Your task is to find every line of the listing that includes "Requested" and copy it.

----------------

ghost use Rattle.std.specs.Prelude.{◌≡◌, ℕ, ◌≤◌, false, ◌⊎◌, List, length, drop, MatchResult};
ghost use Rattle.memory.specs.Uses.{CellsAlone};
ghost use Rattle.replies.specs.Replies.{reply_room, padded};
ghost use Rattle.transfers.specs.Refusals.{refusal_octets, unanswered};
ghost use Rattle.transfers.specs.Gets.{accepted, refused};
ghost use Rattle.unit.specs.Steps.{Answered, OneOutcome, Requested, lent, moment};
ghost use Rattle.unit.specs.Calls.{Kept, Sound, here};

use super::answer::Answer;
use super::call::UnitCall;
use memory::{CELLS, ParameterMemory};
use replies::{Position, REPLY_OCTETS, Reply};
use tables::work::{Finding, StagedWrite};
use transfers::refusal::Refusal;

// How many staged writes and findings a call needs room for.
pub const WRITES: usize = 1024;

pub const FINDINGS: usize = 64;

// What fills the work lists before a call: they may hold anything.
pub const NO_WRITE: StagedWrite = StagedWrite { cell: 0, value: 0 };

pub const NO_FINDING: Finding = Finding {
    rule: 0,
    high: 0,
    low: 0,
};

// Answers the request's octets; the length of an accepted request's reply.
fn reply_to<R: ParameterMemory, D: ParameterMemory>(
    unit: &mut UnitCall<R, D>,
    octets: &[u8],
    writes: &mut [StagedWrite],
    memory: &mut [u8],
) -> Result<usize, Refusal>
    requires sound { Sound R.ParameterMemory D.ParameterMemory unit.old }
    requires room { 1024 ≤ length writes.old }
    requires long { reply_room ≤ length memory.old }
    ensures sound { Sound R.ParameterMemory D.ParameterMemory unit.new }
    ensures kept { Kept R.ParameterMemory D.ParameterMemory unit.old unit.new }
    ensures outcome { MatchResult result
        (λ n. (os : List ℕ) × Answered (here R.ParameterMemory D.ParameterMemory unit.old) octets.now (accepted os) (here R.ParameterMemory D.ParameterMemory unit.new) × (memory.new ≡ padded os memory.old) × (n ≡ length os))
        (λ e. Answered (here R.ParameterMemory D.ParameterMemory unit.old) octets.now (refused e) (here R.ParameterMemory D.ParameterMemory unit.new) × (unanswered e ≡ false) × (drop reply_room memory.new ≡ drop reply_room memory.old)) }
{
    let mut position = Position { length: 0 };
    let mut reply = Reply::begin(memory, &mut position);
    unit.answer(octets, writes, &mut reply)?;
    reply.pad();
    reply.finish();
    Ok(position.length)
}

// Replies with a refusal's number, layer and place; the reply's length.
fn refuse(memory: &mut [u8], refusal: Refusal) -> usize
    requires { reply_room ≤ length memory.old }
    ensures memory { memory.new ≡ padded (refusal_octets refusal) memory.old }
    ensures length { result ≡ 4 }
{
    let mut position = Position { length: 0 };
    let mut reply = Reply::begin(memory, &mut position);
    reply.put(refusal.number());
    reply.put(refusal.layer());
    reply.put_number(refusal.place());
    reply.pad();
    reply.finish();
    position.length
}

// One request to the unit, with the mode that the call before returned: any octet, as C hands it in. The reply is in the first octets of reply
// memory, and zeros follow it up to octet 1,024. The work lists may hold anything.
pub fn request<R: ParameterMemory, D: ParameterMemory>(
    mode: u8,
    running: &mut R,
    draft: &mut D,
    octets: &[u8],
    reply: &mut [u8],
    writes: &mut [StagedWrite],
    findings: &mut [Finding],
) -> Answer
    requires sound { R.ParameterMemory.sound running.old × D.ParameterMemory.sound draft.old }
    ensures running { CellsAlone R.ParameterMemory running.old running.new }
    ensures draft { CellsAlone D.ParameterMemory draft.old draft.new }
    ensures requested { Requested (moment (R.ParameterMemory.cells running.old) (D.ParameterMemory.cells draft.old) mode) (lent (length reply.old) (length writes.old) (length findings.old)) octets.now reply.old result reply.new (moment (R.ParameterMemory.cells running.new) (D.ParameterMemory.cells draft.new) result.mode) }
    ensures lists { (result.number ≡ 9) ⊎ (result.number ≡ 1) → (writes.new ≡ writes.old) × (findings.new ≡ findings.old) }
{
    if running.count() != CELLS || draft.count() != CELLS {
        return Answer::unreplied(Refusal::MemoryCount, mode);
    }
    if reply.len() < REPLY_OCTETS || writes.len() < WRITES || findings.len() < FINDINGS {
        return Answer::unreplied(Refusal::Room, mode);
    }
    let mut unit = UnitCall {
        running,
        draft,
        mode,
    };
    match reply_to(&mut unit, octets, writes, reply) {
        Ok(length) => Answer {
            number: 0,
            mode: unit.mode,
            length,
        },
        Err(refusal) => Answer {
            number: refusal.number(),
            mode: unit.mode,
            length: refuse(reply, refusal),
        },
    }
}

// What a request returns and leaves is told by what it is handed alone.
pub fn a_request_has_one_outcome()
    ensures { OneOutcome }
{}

----------------

### SOLUTION BELOW
ghost use Rattle.unit.specs.Steps.{Answered, OneOutcome, Requested, lent, moment};
    ensures requested { Requested (moment (R.ParameterMemory.cells running.old) (D.ParameterMemory.cells draft.old) mode) (lent (length reply.old) (length writes.old) (length findings.old)) octets.now reply.old result reply.new (moment (R.ParameterMemory.cells running.new) (D.ParameterMemory.cells draft.new) result.mode) }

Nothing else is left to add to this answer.